You never print in B&W? I find that the quality of the B&W profiles that ImagePrint has is superior to what I can create, no matter how hard I try. And as the B&W prints in ImagePrint don't use any of the yellow ink, they will last a lot longer than a B&W print made with a colour profile or with Epson's ABW option.

Phil most likely has an HP Z3200 printer too given his other messages in the forum. ImagePrint does not support that printer. On the other hand the combination of Qimage Ultimate + the HP Z3200 is made in heaven; the spectrometer aboard the printer keeps any media calibration up to date and delivers custom profiles for third party media, Qimage Ultimate does the right job in up and down resampling + smart print sharpening and way more. IP does not have that many features. HP documents on using third party media are nice too. The quad ink B&W matte prints of the HP Z's driver B&W mode are one of a kind within OEM solutions and can be enhanced with QTR B&W profiling if needed. The total substitution of composite grey mixes by grey ink mixes has been aboard the Z driver/firmware from day one, 2006, both for color and B&W driver modes. That novelty must have been the inspiration in 2012 for the ImagePrint engineers to create a similar black generation in today's ImagePrint so the Epson inks can deliver a better light resistance in prints than possible with the Epson drivers. The Epson ink set still lacks a decent light resistant yellow ink though and the grey inks need some color inks to be neutralised where the HP grey inks up to the PK are neutral themselves.

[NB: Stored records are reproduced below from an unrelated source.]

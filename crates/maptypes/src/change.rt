//! Changes, and the incrementals that they are with an epoch (Ceph, OSDMap.h: `OSDMap::Incremental`).

ghost use Rattle.std.specs.Prelude.{◌≡◌, [], IfOk, IfSome};
ghost use Rattle.std.specs.List.{All};
ghost use Rattle.maptypes.specs.CrushMaps.{IsCrushMap};
ghost use Rattle.maptypes.specs.Growth.{IsGrowth};
ghost use Rattle.maptypes.specs.Named.{no_exceptions};
ghost use Rattle.maptypes.specs.Ordered.{OrdersPools, OrdersOsds, OrdersExceptions};
ghost use Rattle.maptypes.specs.Pools.{IsWithinLimits};

use crate::crush_map::CrushMap;
use crate::exception::{Exception, Explicit, Items};
use crate::grow::Grow;
use crate::pg::Pg;
use crate::pool::Pool;
use crate::short::Blank;
use keylist::{Entries, Keyed, sort_entries};
use mapparts::{ExceptionChanges, OsdChanges, PoolChanges, Profile};
use refusal::Memory;
use std::alloc::Global;
use std::marker::Model;

/// The parts of a change by families, each list in any order. Those of a family act in the order in which they stand in
/// it.
#[derive(Debug, Drop)]
pub struct ChangeParts {
    /// By whose limit the pools after the change are counted: there may be 32, in a stock cluster 256.
    pub profile: Profile,
    /// The pools that are taken away with their exceptions, those that then come, and those that grow.
    pub pools: PoolChanges<u32, Pool, Grow>,
    /// The forest and the rules that come in place of those of the map.
    pub crush: Option<CrushMap>,
    /// The OSDs that go down, and those that then come up.
    pub osds: OsdChanges<u32>,
    /// The OSDs that get another reweight.
    pub weights: Entries<Reweight>,
    /// The explicit sets that are taken away, and those that then come.
    pub explicit: ExceptionChanges<Pg, Explicit>,
    /// The pairs of groups that are taken away, and those that then come.
    pub items: ExceptionChanges<Pg, Items>,
}

/// A part that has no entries.
fn nothing<T>(alloc: Global) -> Entries<T>
    ensures { result ≡ [] }
{
    Entries::new(Vec::new(alloc))
}

/// No exceptions go or come.
fn no_exceptions<G, E>(alloc: Global) -> ExceptionChanges<G, E>
    ensures { result ≡ no_exceptions }
{
    ExceptionChanges {
        gone: nothing(alloc),
        come: nothing(alloc),
    }
}

impl ChangeParts {
    ghost use Rattle.std.specs.Prelude.{◌≡◌};
    ghost use Rattle.maptypes.specs.Named.{no_parts};

    /// No part at all.
    pub fn none(alloc: Global, profile: Profile) -> ChangeParts
        ensures { result ≡ no_parts profile }
    {
        ChangeParts {
            profile,
            pools: PoolChanges {
                gone: nothing(alloc),
                come: nothing(alloc),
                grow: nothing(alloc),
            },
            crush: None,
            osds: OsdChanges {
                down: nothing(alloc),
                up: nothing(alloc),
            },
            weights: nothing(alloc),
            explicit: no_exceptions(alloc),
            items: no_exceptions(alloc),
        }
    }
}

/// An OSD and its new reweight, in parts of 65,536.
#[derive(Clone, Copy, Debug, PartialEq, Eq)]
pub struct Reweight {
    /// 0 to 4,095.
    pub osd: u32,
    /// 65,536 is the whole; more is refused with `BadWeight` (22).
    pub weight: u32,
}

impl Keyed for Reweight {
    ghost key_of = { λ reweight. reweight.osd };

    fn key(&self) -> u64 {
        u64::from(self.osd)
    }
}

/// A change, each part in ascending order of its keys.
#[derive(Debug, Drop)]
pub struct Change {
    parts: ChangeParts,
}

impl Model for Change {
    ghost use Rattle.maptypes.specs.declared.change.ChangeParts.{ChangeParts};
    ghost use Rattle.maptypes.specs.Ordered.{IsChange};

    ghost Value = { ChangeParts };

    ghost view = { λ c. c.parts };

    ghost invariant = { λ c. IsChange c.parts };
}

/// What a change does with pools, each list in ascending order of its keys.
fn ordered_pools(
    pools: PoolChanges<u32, Pool, Grow>,
) -> Result<PoolChanges<u32, Pool, Grow>, Memory>
    ensures { IfOk result (OrdersPools pools) }
{
    Ok(PoolChanges {
        gone: sort_entries(pools.gone)?,
        come: sort_entries(pools.come)?,
        grow: sort_entries(pools.grow)?,
    })
}

/// What it does with OSDs, in the same order.
fn ordered_osds(osds: OsdChanges<u32>) -> Result<OsdChanges<u32>, Memory>
    ensures { IfOk result (OrdersOsds osds) }
{
    Ok(OsdChanges {
        down: sort_entries(osds.down)?,
        up: sort_entries(osds.up)?,
    })
}

/// What it does with exceptions of one kind, in the same order.
fn ordered_exceptions<E: Blank>(
    exceptions: ExceptionChanges<Pg, Exception<E>>,
) -> Result<ExceptionChanges<Pg, Exception<E>>, Memory>
    ensures { IfOk result (OrdersExceptions exceptions) }
{
    Ok(ExceptionChanges {
        gone: sort_entries(exceptions.gone)?,
        come: sort_entries(exceptions.come)?,
    })
}

/// Each growth is within its limits: for a proof alone.
fn are_growths(growths: &[Grow])
    ensures { All IsGrowth growths.now }
{
    for growth in growths {
        let _ = growth.pgp_num();
    }
}

/// What holds in a CRUSH map, where there is one: for a proof alone.
fn is_crush_map(crush: &Option<CrushMap>)
    ensures { IfSome crush.now IsCrushMap }
{
    if let Some(crush) = crush {
        let _ = crush.rules();
    }
}

/// Each pool is within its limits: for a proof alone.
fn are_within_limits(pools: &[Pool])
    ensures { All IsWithinLimits pools.now }
{
    for pool in pools {
        pool.is_within_limits();
    }
}

impl Change {
    ghost use Rattle.std.specs.Prelude.{◌≡◌, IfOk, IfSome};
    ghost use Rattle.std.specs.List.{All};
    ghost use Rattle.maptypes.specs.CrushMaps.{IsCrushMap};
    ghost use Rattle.maptypes.specs.Growth.{IsGrowth};
    ghost use Rattle.keylist.specs.Order.{IsRising};
    ghost use Rattle.maptypes.specs.Exceptions.{key_of};
    ghost use Rattle.maptypes.specs.Named.{items_alone};
    ghost use Rattle.maptypes.specs.Pools.{IsWithinLimits};
    ghost use Rattle.maptypes.specs.Ordered.{IsOrdered, IsInOrder};

    /// The change of these parts, each put into ascending order of its keys, doubles in their order.
    ///
    /// # Errors
    ///
    /// `Memory` (30) where there is no memory for it.
    pub fn new(parts: ChangeParts) -> Result<Change, Memory>
        ensures { IfOk result (IsOrdered parts) }
    {
        let pools = ordered_pools(parts.pools)?;
        let osds = ordered_osds(parts.osds)?;
        let weights = sort_entries(parts.weights)?;
        let explicit = ordered_exceptions(parts.explicit)?;
        let items = ordered_exceptions(parts.items)?;
        are_within_limits(&pools.come);
        are_growths(&pools.grow);
        is_crush_map(&parts.crush);
        Ok(Change {
            parts: ChangeParts {
                profile: parts.profile,
                pools,
                crush: parts.crush,
                osds,
                weights,
                explicit,
                items,
            },
        })
    }

    /// The change that gives groups their pairs, by group upwards, and does nothing else.
    ///
    /// # Errors
    ///
    /// `Memory` (30) where there is no memory for it.
    pub fn of_items(alloc: Global, profile: Profile, items: Vec<Items>) -> Result<Change, Memory>
        requires { IsRising key_of items.items }
        ensures { IfOk result (λ change. change ≡ items_alone profile items.items) }
    {
        let mut parts = ChangeParts::none(alloc, profile);
        parts.items.come = Entries::new(items);
        let change = Change::new(parts)?;
        Ok(change)
    }

    /// The parts, each in ascending order of its keys.
    pub fn parts(&self) -> &ChangeParts
        ensures value { result.now ≡ self.now }
        ensures in_order { IsInOrder self.now }
        ensures pools_within { All IsWithinLimits self.now.pools.come }
        ensures growths_within { All IsGrowth self.now.pools.grow }
        ensures crush_map { IfSome self.now.crush IsCrushMap }
    {
        &self.parts
    }
}

/// A change with the epoch of the map after it.
#[derive(Debug, Drop)]
pub struct Incremental {
    epoch: u64,
    change: Change,
}

impl Model for Incremental {
    ghost use Rattle.maptypes.specs.Incrementals.{Step};

    ghost Value = { Step };

    ghost view = { λ i. record { epoch = i.epoch; change = i.change } };
}

impl Incremental {
    ghost use Rattle.std.specs.Prelude.{◌≡◌};

    /// The incremental of a change that leads to the map of this epoch.
    pub fn new(epoch: u64, change: Change) -> Incremental
        ensures epoch { result.epoch ≡ epoch }
        ensures change { result.change ≡ change }
    {
        Incremental { epoch, change }
    }

    /// The epoch of the map after it.
    pub fn epoch(&self) -> u64
        ensures { result ≡ self.now.epoch }
    {
        self.epoch
    }

    /// The change.
    pub fn change(&self) -> &Change
        ensures { result.now ≡ self.now.change }
    {
        &self.change
    }
}
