//! A list of a few entries, in place.

ghost use Rattle.std.specs.Prelude.{◌≡◌, ◌≤◌, ◌<◌, [], ◌∷◌, ◌++◌, length, slice_set};

use mapparts::limits::MAX_PLACES;
use std::alloc::AllocError;
use std::marker::Model;
use std::ops::DerefSlice;

/// What stands in a place where a short list has no entry.
pub trait Blank: Copy {
    ghost use Rattle.std.specs.Prelude.{◌≡◌};

    ghost blank: { Self };

    /// The entry that stands for none.
    fn blank() -> Self
        ensures { result ≡ blank };
}

/// A list of at most 20 entries, in place: as many as a group has OSDs at most. It is read as a slice.
#[derive(Copy, Debug)]
pub struct Short<T: Blank> {
    len: usize,
    places: [T; MAX_PLACES],
}

impl<T: Blank> Model for Short<T> {
    ghost use Rattle.std.specs.Prelude.{List, ◌++◌, ◌-◌, length, take, replicate};
    ghost use Rattle.std.proofs.Common.{arith, ap, sym, ◌∙◌, length-take-le, take-append-drop};
    ghost use Rattle.maptypes.specs.Shorts.{IsFilled};

    ghost Value = { List T };

    ghost view = { λ s. take s.len s.places };

    ghost invariant = { λ s. IsFilled T.blank s.len s.places };

    ghost inverse = { λ xs. record { len = length xs; places = xs ++ replicate (20 - length xs) T.blank } };

    ghost inverse_ok = { λ s h i. record {
      len = length-take-le s.len s.places (omega (arith, h.few, h.twenty)) i;
      places = (ap (λ n. take s.len s.places ++ replicate (20 - n) T.blank)
          (length-take-le s.len s.places (omega (arith, h.few, h.twenty)))
          ∙ ap (λ xs. take s.len s.places ++ xs) (sym h.none_behind)
          ∙ take-append-drop s.len s.places) i;
    } };
}

impl<T: Blank> Clone for Short<T> {
    ghost use Rattle.std.specs.Prelude.{◌≡◌, ⊤};

    ghost is_clone = { λ s r. r ≡ s };

    ghost is_infallible = { λ _. ⊤ };

    fn clone(&self) -> Result<Short<T>, AllocError> {
        Ok(*self)
    }
}

impl<T: Blank + PartialEq> PartialEq for Short<T> {
    ghost use Rattle.std.specs.Cmp.Lexicographic.{pointwise, lists_per};

    ghost eq = { pointwise T.eq };

    ghost laws = { lists_per T.laws };

    fn eq(&self, other: &Short<T>) -> bool {
        self.as_slice() == other.as_slice()
    }
}

impl<T: Blank + Eq> Eq for Short<T> {
    ghost use Rattle.std.specs.Cmp.Lexicographic.{lists_equiv};

    ghost laws = { lists_equiv T.Eq.laws };
}

impl<T: Blank> DerefSlice for Short<T> {
    type Elem = T;

    ghost deref_gives = { λ s xs. xs ≡ s };

    fn deref(&self) -> &[T] {
        &self.places[..self.len]
    }
}

impl<T: Blank> Short<T> {
    /// The list without an entry.
    pub fn new() -> Self
        ensures { result ≡ [] }
    {
        Short {
            len: 0,
            places: [T::blank(); MAX_PLACES],
        }
    }

    /// The entries, in order.
    pub fn as_slice(&self) -> &[T]
        ensures value { result.now ≡ self.now }
        ensures few { length self.now ≤ 20 }
    {
        &self.places[..self.len]
    }

    /// One more entry, behind the others.
    pub fn push(&mut self, entry: T)
        requires { length self.old < 20 }
        ensures { self.new ≡ self.old ++ entry ∷ [] }
    {
        self.places[self.len] = entry;
        self.len += 1;
    }

    /// Puts another entry into a place.
    pub fn set(&mut self, place: usize, entry: T)
        requires { place < length self.old }
        ensures { self.new ≡ slice_set self.old place entry }
    {
        if place < self.len {
            self.places[place] = entry;
        }
    }
}

impl Blank for Option<u32> {
    ghost use Rattle.std.specs.Prelude.{None};

    ghost blank = { None };

    fn blank() -> Option<u32> {
        None
    }
}

impl Blank for Option<u16> {
    ghost use Rattle.std.specs.Prelude.{None};

    ghost blank = { None };

    fn blank() -> Option<u16> {
        None
    }
}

http://www.luminous-landscape.com/essays/the_weakest_link.shtml

The HP ink mixing is a bit more nifty than I describe it here. Mark McCormick has mentioned the compensation of the grey ink's warming up in time with a synchroneity in cyan ink color shifting. If I recall it correctly.

To profile other brand printers with the Z's spectrometer one has to check the ability of the HP Color Center or APS software for that task. I have done it for some customers with other printer models.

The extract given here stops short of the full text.